#### [PROVIDED INFORMATION]
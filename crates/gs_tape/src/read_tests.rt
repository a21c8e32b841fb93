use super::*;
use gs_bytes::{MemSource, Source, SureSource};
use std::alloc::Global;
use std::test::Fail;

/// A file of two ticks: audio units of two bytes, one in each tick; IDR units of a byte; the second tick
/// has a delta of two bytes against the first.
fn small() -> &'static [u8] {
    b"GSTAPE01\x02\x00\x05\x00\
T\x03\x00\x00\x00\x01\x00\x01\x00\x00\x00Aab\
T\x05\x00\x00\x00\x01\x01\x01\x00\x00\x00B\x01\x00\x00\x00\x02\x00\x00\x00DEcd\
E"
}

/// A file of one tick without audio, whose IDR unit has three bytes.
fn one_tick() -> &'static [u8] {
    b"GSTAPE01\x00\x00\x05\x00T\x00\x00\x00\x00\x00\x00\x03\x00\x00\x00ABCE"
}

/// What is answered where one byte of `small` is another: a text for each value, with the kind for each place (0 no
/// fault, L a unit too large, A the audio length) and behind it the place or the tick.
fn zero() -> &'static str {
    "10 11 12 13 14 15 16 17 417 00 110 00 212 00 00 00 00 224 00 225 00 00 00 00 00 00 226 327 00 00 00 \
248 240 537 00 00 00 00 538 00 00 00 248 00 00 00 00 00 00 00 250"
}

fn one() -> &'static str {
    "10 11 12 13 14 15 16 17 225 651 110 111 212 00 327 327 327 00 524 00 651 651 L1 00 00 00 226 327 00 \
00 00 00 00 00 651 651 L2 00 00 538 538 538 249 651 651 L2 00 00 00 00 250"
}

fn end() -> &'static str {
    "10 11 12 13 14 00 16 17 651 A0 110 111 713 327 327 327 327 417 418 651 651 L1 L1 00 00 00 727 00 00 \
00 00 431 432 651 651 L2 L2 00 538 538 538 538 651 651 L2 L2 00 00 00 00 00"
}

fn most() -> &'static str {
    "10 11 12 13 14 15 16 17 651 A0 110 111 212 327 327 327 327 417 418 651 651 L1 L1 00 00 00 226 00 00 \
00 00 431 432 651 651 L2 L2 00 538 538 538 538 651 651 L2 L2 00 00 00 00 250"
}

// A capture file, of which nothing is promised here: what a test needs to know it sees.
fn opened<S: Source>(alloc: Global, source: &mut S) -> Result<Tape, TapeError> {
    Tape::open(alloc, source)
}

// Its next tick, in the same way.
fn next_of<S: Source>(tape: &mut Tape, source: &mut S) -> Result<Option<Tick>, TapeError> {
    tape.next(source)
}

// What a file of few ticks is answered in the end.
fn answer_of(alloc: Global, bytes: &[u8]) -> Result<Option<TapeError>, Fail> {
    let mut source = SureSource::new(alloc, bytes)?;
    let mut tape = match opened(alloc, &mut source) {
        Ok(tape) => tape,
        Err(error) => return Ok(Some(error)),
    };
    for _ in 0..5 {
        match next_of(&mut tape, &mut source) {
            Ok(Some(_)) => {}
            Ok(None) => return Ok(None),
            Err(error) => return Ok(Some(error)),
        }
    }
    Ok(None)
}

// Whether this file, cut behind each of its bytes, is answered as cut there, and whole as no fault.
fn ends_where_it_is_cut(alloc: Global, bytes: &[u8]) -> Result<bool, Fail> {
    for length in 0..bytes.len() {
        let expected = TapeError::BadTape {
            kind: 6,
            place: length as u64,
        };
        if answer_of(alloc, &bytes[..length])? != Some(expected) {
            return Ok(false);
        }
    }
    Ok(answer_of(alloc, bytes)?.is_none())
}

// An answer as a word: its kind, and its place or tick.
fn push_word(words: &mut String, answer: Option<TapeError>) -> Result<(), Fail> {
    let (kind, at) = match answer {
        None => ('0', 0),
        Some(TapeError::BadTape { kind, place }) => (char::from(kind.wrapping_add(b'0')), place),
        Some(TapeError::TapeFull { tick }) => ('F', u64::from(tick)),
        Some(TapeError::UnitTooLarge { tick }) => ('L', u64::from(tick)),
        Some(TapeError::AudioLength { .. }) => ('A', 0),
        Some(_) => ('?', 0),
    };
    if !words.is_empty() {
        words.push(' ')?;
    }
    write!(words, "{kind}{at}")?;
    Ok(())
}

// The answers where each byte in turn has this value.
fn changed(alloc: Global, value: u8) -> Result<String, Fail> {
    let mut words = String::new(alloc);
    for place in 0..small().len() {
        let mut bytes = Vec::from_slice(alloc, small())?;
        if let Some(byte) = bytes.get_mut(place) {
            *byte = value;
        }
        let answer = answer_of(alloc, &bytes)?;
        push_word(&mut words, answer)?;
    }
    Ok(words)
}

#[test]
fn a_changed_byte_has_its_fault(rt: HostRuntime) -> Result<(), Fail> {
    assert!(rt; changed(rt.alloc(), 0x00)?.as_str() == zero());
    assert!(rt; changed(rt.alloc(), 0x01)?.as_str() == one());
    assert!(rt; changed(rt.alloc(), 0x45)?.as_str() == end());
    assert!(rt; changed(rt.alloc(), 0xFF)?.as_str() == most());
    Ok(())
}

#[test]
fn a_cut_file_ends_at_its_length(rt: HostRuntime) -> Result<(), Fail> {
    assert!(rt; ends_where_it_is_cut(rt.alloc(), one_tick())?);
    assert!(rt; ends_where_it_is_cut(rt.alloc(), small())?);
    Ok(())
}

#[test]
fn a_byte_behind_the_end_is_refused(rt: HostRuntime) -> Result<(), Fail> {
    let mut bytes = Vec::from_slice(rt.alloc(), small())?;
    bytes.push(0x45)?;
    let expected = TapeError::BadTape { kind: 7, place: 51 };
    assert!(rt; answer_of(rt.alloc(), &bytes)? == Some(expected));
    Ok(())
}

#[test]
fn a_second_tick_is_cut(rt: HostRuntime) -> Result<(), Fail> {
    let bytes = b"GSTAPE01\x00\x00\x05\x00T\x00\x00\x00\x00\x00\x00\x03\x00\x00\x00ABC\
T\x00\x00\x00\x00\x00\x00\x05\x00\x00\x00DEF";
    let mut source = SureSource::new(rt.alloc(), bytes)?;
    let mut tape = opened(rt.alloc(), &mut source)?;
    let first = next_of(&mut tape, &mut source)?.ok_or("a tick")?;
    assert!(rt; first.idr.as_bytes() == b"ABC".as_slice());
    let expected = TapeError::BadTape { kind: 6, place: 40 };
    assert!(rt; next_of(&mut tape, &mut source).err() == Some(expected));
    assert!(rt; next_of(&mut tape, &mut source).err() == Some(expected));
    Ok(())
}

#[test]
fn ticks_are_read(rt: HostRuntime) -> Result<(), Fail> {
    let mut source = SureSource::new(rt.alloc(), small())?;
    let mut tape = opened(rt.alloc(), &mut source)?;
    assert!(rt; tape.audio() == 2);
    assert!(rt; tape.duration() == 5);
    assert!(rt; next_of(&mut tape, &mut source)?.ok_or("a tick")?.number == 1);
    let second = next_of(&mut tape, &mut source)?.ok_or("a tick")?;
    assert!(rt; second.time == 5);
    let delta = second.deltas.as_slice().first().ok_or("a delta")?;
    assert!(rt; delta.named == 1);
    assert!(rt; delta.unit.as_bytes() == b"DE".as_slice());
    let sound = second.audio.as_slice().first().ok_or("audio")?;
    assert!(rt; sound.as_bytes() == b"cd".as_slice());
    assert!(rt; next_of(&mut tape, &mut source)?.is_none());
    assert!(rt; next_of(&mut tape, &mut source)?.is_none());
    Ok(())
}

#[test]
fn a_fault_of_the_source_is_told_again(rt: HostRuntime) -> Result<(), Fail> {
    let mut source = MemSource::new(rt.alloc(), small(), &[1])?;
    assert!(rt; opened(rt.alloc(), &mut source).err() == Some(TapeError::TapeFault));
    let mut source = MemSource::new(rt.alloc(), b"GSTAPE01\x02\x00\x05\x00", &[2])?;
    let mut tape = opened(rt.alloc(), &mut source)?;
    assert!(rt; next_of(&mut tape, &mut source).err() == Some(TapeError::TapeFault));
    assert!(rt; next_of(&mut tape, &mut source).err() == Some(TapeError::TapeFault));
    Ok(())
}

#### [WHAT TO PRODUCE]
Each line in the records above with "expected" must be returned.

#### [SOLUTION FOR THIS EXERCISE]
        let expected = TapeError::BadTape {
        if answer_of(alloc, &bytes[..length])? != Some(expected) {
    let expected = TapeError::BadTape { kind: 7, place: 51 };
    assert!(rt; answer_of(rt.alloc(), &bytes)? == Some(expected));
    let expected = TapeError::BadTape { kind: 6, place: 40 };
    assert!(rt; next_of(&mut tape, &mut source).err() == Some(expected));
    assert!(rt; next_of(&mut tape, &mut source).err() == Some(expected));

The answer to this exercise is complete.